# PR Babysitter Loop

**Goal**: Reduce the human time spent herding pull requests through review, CI, rebase, and merge while keeping the human in the judgment seat.

## Scheduling

**Recommended**:
- `/loop 5m /pr-babysit check` (Grok TUI)
- Equivalent scheduled task or GitHub Action in other environments (every 5–15 minutes during working hours is common).

Many teams run a faster "watcher" loop (2–5m) during active review periods and a slower sweeper overnight.

## Required Skills

- `pr-review-triage` — Understands your project's review norms, required checks, and what "ready to merge" means.
- `minimal-fix` — Produces the smallest possible change that addresses a specific reviewer comment or CI failure.
- `rebase-and-clean` — Safe rebase + conflict resolution patterns for your repo.

## State

Keep a small `pr-babysitter-state.md` (or a Linear board / GitHub project view) with:

- Watched PRs + current status
- Last action taken + outcome
- Human decisions that overrode the loop

Example state entry:
```markdown
- #1234 (feat/auth-refresh)
  Status: Changes requested by @reviewer
  Last action: Loop proposed minimal diff for comment X
  Human decision: Approved the diff, asked for one more test
```

## How the Loop Runs (Typical Cycle)

1. Discover open PRs authored by the team (or all PRs the user cares about).
2. For each PR:
   - Run triage skill.
   - If CI is red → spawn sub-agent with `minimal-fix` skill to address the failure.
   - If review comments exist and are actionable → propose minimal patches.
   - If ready (all checks green, approvals present, no blocking comments) → add "ready to merge" label or ping human.
3. For PRs that have been idle too long → suggest close or hand-off.
4. Write concise updates back to the PR and to state.
5. Anything ambiguous or high-risk → surface to human with context.

## Verification Strategy

- Never let the implementer sub-agent mark its own work "done".
- Use a separate verifier sub-agent (maker/checker) (or a stronger model on higher effort) that must explicitly confirm:
  - The change addresses the comment/failure.
  - No unrelated files were touched.
  - Tests/lint still pass in the worktree.
- The loop only proposes; a human (or an explicit "auto-merge" allowlist for very safe cases) actually merges.

## Human Handoff Points

- High-risk refactors
- Changes touching security, payments, auth, or core infrastructure
- When the loop has proposed > N fixes on the same PR without progress
- When the state file shows the same PR surfacing for several days

## Tool-Specific Notes

**Grok Build TUI**:
- The `pr-babysit` skill (if installed) is designed exactly for this.
- Run with `/loop 5m /pr-babysit check`.
- Use worktree isolation for any fix attempts.
- The skill can call `scheduler_delete` on itself when the watchlist is empty.

**Claude Code**:
- Boris Cherny has publicly described running very similar `/loop 5m /babysit` flows.
- Combine with `/goal` for "keep working on this PR until CI is green and no blocking comments remain".

**General**:
- Expose the state file in the repo or a shared doc so the whole team can see what the loop is doing.
- Make the loop's comments on PRs clearly signed (e.g. "🤖 Loop Engineering — PR Babysitter").
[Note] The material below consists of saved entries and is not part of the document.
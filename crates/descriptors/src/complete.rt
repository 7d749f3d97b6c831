// What a completed request does (change request 2): to the device's part of the shelf, to the device's row, and the note of the request's row.
ghost use Rattle.std.specs.Prelude.{◌≡◌, ◌+◌, ◌≤◌, length};
ghost use Rattle.descriptors.specs.Kind.{kind_of};
ghost use Rattle.descriptors.specs.Chosen.{applied};
ghost use Rattle.descriptors.specs.Complete.{payload_for, entries_for, noted, max_note, set_note, with_max, completed_by, CompletesAs, Completes, device_by, row_with};
ghost use Rattle.descriptors.specs.Steps.{number_of};
ghost use Rattle.descriptors.specs.declared.request.Kind.TheVariants.{ConfigurationRead, SetConfiguration, SetInterface};

use crate::choose::{Choice, apply, configuration_choice, count_set, interface_choice};
use crate::payload::MOST;
use crate::request::{Kind, kind_of};
use crate::store::{LIMIT, keep_own};
use crate::walk::{read_max, read_value};
use details::{Device, UNCHOSEN};
use usb::types;

// A request that completes: its setup data, the length of its payload, where its device's part of the shelf begins, and what the device's row says:
// how many entries it keeps, and which configuration is chosen.
#[derive(Clone, Copy)]
pub struct Asked {
    pub setup: u64,
    pub length: u64,
    pub start: usize,
    pub kept: u16,
    pub chosen: u16,
}

// The note of its row, and what the device's row says then.
#[derive(Clone, Copy)]
pub struct Completed {
    pub note: u64,
    pub kept: u16,
    pub chosen: u16,
}

// What a note counts.
#[derive(Clone, Copy)]
enum What {
    Max = 1,
    Read,
    Set,
}

// The payload, as far as it was laid by.
fn payload_of(shelf: &[u8], a: Asked) -> &[u8]
    requires { a.start + 8192 ≤ length shelf.now }
    ensures { result.now ≡ payload_for a shelf.now }
{
    let count = (a.length as usize).min(MOST);
    &shelf[a.start..a.start + count]
}

fn note_of(what: What, count: usize) -> u64
    requires { count ≤ 585 }
    ensures { result ≡ noted (number_of what) count }
{
    4 * count as u64 + what as u64
}

fn max_note(shelf: &[u8], a: Asked) -> u64
    requires { a.start + 8192 ≤ length shelf.now }
    ensures { result ≡ max_note (payload_for a shelf.now) }
{
    read_max(payload_of(shelf, a)).map_or(0, |max| note_of(What::Max, usize::from(max)))
}

fn set_note(shelf: &[u8], a: Asked, choice: Choice) -> u64
    requires { a.start + 8192 ≤ length shelf.now }
    ensures { result ≡ set_note choice (entries_for a shelf.now) }
{
    let base = a.start + MOST;
    let kept = usize::from(a.kept).min(LIMIT);
    let count = count_set(choice, shelf, base, kept);
    note_of(What::Set, count)
}

// The device's row keeps what it says.
fn only_noted(a: Asked, note: u64) -> Completed
    ensures { result ≡ record { note = note; kept = a.kept; chosen = a.chosen } }
{
    Completed {
        note,
        kept: a.kept,
        chosen: a.chosen,
    }
}

fn complete_read(shelf: &mut [u8], a: Asked) -> Completed
    requires { a.start + 8192 ≤ length shelf.old }
    ensures { CompletesAs ConfigurationRead a shelf.old shelf.new result }
{
    if read_value(payload_of(shelf, a)).is_none() {
        return only_noted(a, 0);
    }
    let count = (a.length as usize).min(MOST);
    let kept = usize::from(a.kept).min(LIMIT);
    let left = keep_own(shelf, a.start, count, kept);
    let note = note_of(What::Read, left.added);
    Completed {
        kept: left.count as u16,
        ..only_noted(a, note)
    }
}

fn complete_configuration(shelf: &[u8], a: Asked) -> Completed
    requires { a.start + 8192 ≤ length shelf.now }
    ensures { result ≡ completed_by a shelf.now SetConfiguration }
{
    let choice = configuration_choice(a.setup);
    let note = set_note(shelf, a, choice);
    Completed {
        chosen: choice.value,
        ..only_noted(a, note)
    }
}

fn complete_interface(shelf: &[u8], a: Asked) -> Completed
    requires { a.start + 8192 ≤ length shelf.now }
    ensures { result ≡ completed_by a shelf.now SetInterface }
{
    if UNCHOSEN <= a.chosen {
        return only_noted(a, 0);
    }
    let choice = interface_choice(a.setup, a.chosen);
    only_noted(a, set_note(shelf, a, choice))
}

// A request completes: what it leaves on the shelf and of the device's row, but for the details.
pub fn complete(shelf: &mut [u8], a: Asked) -> Completed
    requires { a.start + 8192 ≤ length shelf.old }
    ensures { Completes a shelf.old shelf.new result }
{
    match kind_of(a.setup) {
        Kind::DeviceRead => only_noted(a, max_note(shelf, a)),
        Kind::ConfigurationRead => complete_read(shelf, a),
        Kind::SetConfiguration => complete_configuration(shelf, a),
        Kind::SetInterface => complete_interface(shelf, a),
        Kind::Other => only_noted(a, 0),
    }
}

// The max of endpoint 0, by a device read.
fn set_max(device: Device, a: Asked, shelf: &[u8]) -> Device
    requires { a.start + 8192 ≤ length shelf.now }
    ensures { result ≡ with_max (payload_for a shelf.now) device }
{
    match read_max(payload_of(shelf, a)) {
        Some(max) => details::set_given(device, 0, 0, types::CONTROL, u16::from(max)),
        None => device,
    }
}

fn apply_kept(device: Device, a: Asked, choice: Choice, shelf: &[u8]) -> Device
    requires { a.start + 8192 ≤ length shelf.now }
    ensures { result ≡ applied choice (entries_for a shelf.now) device }
{
    let base = a.start + MOST;
    let kept = usize::from(a.kept).min(LIMIT);
    apply(device, choice, shelf, base, kept)
}

fn apply_interface(device: Device, a: Asked, shelf: &[u8]) -> Device
    requires { a.start + 8192 ≤ length shelf.now }
    ensures { result ≡ device_by SetInterface a shelf.now device }
{
    if UNCHOSEN <= a.chosen {
        return device;
    }
    let one = interface_choice(a.setup, a.chosen);
    apply_kept(device, a, one, shelf)
}

// The device with the details that a completed request makes, by the shelf before the request or after it (`device_still`).
pub fn device_after(device: Device, a: Asked, shelf: &[u8]) -> Device
    requires { a.start + 8192 ≤ length shelf.now }
    ensures { result ≡ device_by (kind_of a.setup) a shelf.now device }
{
    match kind_of(a.setup) {
        Kind::DeviceRead => set_max(device, a, shelf),
        Kind::SetConfiguration => apply_kept(device, a, configuration_choice(a.setup), shelf),
        Kind::SetInterface => apply_interface(device, a, shelf),
        Kind::ConfigurationRead | Kind::Other => device,
    }
}

// The device's row: with those details, and with what the request left of it otherwise.
pub fn row_after(device: Device, a: Asked, r: Completed, shelf: &[u8]) -> Device
    requires { a.start + 8192 ≤ length shelf.now }
    ensures { result ≡ row_with r (device_by (kind_of a.setup) a shelf.now device) }
{
    let mut d = device_after(device, a, shelf);
    d.chosen = r.chosen;
    d.kept = r.kept;
    d
}
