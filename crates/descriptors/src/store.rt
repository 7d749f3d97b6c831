// The entries that a device keeps of its configurations, in a lent store: 7 bytes for each endpoint that a configuration has.
ghost use Rattle.std.specs.Prelude.{◌≡◌, ◌+◌, ◌≤◌, length, take, drop};
ghost use Rattle.std.proofs.lemmas.List.Edits.{sets};
ghost use Rattle.descriptors.specs.Whole.{whole};
ghost use Rattle.descriptors.specs.Entries.{entry_of, unset, entries_in, entries_of};
ghost use Rattle.descriptors.specs.Steps.{Keeps, Forgets, Reads};

use crate::walk::{Setting, read_step, read_value, whole_at};

// What a read left: how many entries the device has, and how many of them the read added.
#[derive(Clone, Copy)]
pub struct Kept {
    pub count: usize,
    pub added: usize,
}

// Entries that a device keeps, of 7 bytes each.
pub const LIMIT: usize = 585;

// An entry's 7 bytes.
fn put_entry(store: &mut [u8], at: usize, value: u8, s: Setting, d: &[u8])
    requires in_bounds { 7 ≤ length d.now }
    requires at_in_bounds { at + 7 ≤ length store.old }
    ensures { store.new ≡ sets store.old at (entry_of value s d.now) }
{
    let row = [value, s.interface, s.alternate, d[2], d[3], d[4], d[5]];
    rows::put(store, at, &row);
}

// The entries of the descriptors from a place on, behind the `kept` that the store has from `base` on; how many it has then.
fn keep_behind(
    store: &mut [u8],
    base: usize,
    kept: usize,
    payload: &[u8],
    from: usize,
    value: u8,
) -> usize
    requires kept_bound { kept ≤ 585 }
    requires base_in_bounds { base + 4095 ≤ length store.old }
    ensures { Keeps base kept (entries_in value unset (whole (drop from payload.now))) store.old store.new result }
{
    let mut n = kept;
    let mut at = from;
    let mut setting = None;
    while let Some(step) = read_step(payload, at, setting) {
        // Stays: one `if` in the other; of one `if` with both tests that fails, a proof does not learn which did.
        if let Some(s) = step.gives {
            if n < LIMIT {
                put_entry(store, base + n * 7, value, s, &payload[at..step.end]);
                n += 1;
            }
        }
        setting = step.setting;
        at = step.end;
    }
    n
}

// The entries of a configuration read, behind the `kept` that the store has from `base` on; how many it has then.
fn keep(store: &mut [u8], base: usize, kept: usize, payload: &[u8]) -> usize
    requires kept_bound { kept ≤ 585 }
    requires base_in_bounds { base + 4095 ≤ length store.old }
    ensures { Keeps base kept (entries_of payload.now) store.old store.new result }
{
    let Some(value) = read_value(payload) else {
        return kept;
    };
    match whole_at(payload, 0) {
        Some(from) => keep_behind(store, base, kept, payload, from, value),
        None => kept,
    }
}

// The 7 bytes of an entry, moved down.
fn move_entry(store: &mut [u8], to: usize, from: usize)
    requires to_in_bounds { to + 7 ≤ length store.old }
    requires from_in_bounds { from + 7 ≤ length store.old }
    ensures { store.new ≡ sets store.old to (take 7 (drop from store.old)) }
{
    let row = [
        store[from],
        store[from + 1],
        store[from + 2],
        store[from + 3],
        store[from + 4],
        store[from + 5],
        store[from + 6],
    ];
    rows::put(store, to, &row);
}

// The entries of a configuration are forgotten, and the others moved together; how many these are.
fn forget(store: &mut [u8], base: usize, kept: usize, value: u8) -> usize
    requires kept_bound { kept ≤ 585 }
    requires base_in_bounds { base + 4095 ≤ length store.old }
    ensures { Forgets base kept value store.old store.new result }
{
    let mut n = 0;
    for i in 0..kept {
        let from = base + i * 7;
        let to = base + n * 7;
        if store[from] != value {
            move_entry(store, to, from);
            n += 1;
        }
    }
    n
}

// A configuration read: its entries in place of those that the store has of its value.
fn keep_read(store: &mut [u8], base: usize, kept: usize, payload: &[u8]) -> Kept
    requires kept_bound { kept ≤ 585 }
    requires base_in_bounds { base + 4095 ≤ length store.old }
    ensures { Reads base kept payload.now store.old store.new result.count result.added }
{
    let Some(value) = read_value(payload) else {
        return Kept {
            count: kept,
            added: 0,
        };
    };
    let left = forget(store, base, kept, value);
    let count = keep(store, base, left, payload);
    let added = count - left;
    Kept { count, added }
}

// The same where the payload stands in the store itself, `count` bytes from `start` on, with the entries 4,096 bytes further.
// The payload is copied first, so that it is not read where entries are written.
pub fn keep_own(shelf: &mut [u8], start: usize, count: usize, kept: usize) -> Kept
    requires count_bound { count ≤ 4096 }
    requires kept_bound { kept ≤ 585 }
    requires start_in_bounds { start + 8192 ≤ length shelf.old }
    ensures { Reads (start + 4096) kept (take count (drop start shelf.old)) shelf.old shelf.new result.count result.added }
{
    let mut page = [0u8; 4096];
    let stop = start + count;
    rows::put(&mut page, 0, &shelf[start..stop]);
    keep_read(shelf, start + 4096, kept, &page[..count])
}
## Failure Modes & Mitigations

- **Loop proposes bad fixes** → Strong verifier sub-agent (maker/checker) + human review gate for anything beyond trivial.
- **Infinite rebase loops** → Limit number of automated rebase attempts per PR.
- **Stale state** → The loop should prune closed/merged PRs on every run.
- **Notification fatigue** → Use selective notifications (only when human action is truly required).

## Cost Profile

| Scenario | Tokens/run | Notes |
|----------|------------|-------|
| No-op (empty watchlist) | ~3k | **Target most runs** — exit early |
| Triage pass | ~80k | PR + CI status scan |
| Fix attempt (L2) | ~250k | Worktree + minimal-fix + verifier |

**Cadence**: 5m–15m · **Tier**: high · **Suggested daily cap**: 2M tokens · **Early exit required**

```bash
npx @cobusgreyling/loop-cost --pattern pr-babysitter --cadence 10m --level L1 --conservative
```

High cadence without early-exit burns tokens fast. Use `loop-budget` skill + `loop-run-log.md`.

## Success Metrics

- Average time from "ready for review" to merge (for PRs the loop touched).
- Number of human comments that were purely "LGTM, loop handled the rest".
- Reduction in "can you rebase?" or "CI is red" pings in Slack/Linear.

Start with one team or one repo. Measure for a week. Then expand.